What lines below hold the string "requires"? Copy them all.

··· Data for the task ···

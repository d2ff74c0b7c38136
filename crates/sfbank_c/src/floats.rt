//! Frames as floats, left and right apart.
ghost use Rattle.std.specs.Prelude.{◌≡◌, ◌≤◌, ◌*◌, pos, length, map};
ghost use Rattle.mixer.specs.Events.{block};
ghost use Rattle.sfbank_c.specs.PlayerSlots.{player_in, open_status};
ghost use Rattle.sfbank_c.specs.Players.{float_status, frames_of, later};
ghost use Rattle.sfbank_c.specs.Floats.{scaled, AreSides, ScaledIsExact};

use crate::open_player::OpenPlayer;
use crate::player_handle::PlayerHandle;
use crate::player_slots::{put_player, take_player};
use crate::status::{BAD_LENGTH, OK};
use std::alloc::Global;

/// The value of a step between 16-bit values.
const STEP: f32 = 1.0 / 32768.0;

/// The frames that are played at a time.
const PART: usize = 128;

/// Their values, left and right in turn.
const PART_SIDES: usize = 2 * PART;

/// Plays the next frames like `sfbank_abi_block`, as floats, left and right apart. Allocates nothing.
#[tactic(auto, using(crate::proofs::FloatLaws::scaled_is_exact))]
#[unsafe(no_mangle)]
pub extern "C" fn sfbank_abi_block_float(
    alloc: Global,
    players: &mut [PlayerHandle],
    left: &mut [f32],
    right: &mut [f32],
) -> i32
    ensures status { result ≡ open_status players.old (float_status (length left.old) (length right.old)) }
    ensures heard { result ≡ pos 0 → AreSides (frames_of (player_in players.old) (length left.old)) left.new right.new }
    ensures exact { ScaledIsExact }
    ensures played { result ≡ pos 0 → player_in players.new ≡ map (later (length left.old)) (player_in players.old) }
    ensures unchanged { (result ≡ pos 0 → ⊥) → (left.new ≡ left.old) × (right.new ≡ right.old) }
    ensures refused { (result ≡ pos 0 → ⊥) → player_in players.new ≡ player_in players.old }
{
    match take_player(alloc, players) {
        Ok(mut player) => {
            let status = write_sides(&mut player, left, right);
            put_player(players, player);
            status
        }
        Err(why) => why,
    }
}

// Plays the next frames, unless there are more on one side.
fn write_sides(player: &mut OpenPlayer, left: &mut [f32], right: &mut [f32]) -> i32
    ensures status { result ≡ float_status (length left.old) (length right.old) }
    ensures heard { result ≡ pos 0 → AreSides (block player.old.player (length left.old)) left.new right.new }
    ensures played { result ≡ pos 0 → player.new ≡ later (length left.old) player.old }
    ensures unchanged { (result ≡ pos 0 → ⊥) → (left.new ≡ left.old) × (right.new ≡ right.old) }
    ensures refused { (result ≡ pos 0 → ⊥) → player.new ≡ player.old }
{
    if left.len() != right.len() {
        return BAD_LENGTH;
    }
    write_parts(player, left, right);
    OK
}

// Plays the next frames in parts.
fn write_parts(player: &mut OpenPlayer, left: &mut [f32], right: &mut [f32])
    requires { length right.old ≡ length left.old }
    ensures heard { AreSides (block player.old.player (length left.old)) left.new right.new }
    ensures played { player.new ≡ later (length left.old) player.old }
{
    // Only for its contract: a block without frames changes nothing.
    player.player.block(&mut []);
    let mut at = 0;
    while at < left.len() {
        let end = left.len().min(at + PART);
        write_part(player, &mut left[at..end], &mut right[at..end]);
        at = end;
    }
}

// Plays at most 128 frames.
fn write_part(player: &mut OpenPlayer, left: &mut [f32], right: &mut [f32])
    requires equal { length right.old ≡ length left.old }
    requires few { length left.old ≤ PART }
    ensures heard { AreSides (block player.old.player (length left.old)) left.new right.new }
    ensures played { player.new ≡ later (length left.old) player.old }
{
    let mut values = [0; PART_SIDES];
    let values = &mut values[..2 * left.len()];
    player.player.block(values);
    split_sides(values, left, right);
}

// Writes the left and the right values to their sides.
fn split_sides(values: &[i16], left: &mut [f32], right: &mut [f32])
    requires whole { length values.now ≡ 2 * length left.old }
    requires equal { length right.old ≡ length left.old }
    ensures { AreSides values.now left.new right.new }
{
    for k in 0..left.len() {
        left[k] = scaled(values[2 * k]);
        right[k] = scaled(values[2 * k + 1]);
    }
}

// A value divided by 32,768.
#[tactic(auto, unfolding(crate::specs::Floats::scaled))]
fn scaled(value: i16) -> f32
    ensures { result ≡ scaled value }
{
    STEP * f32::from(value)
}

···

=== Solution to this task ===
    requires { length right.old ≡ length left.old }
    requires equal { length right.old ≡ length left.old }
    requires few { length left.old ≤ PART }
    requires whole { length values.now ≡ 2 * length left.old }
    requires equal { length right.old ≡ length left.old }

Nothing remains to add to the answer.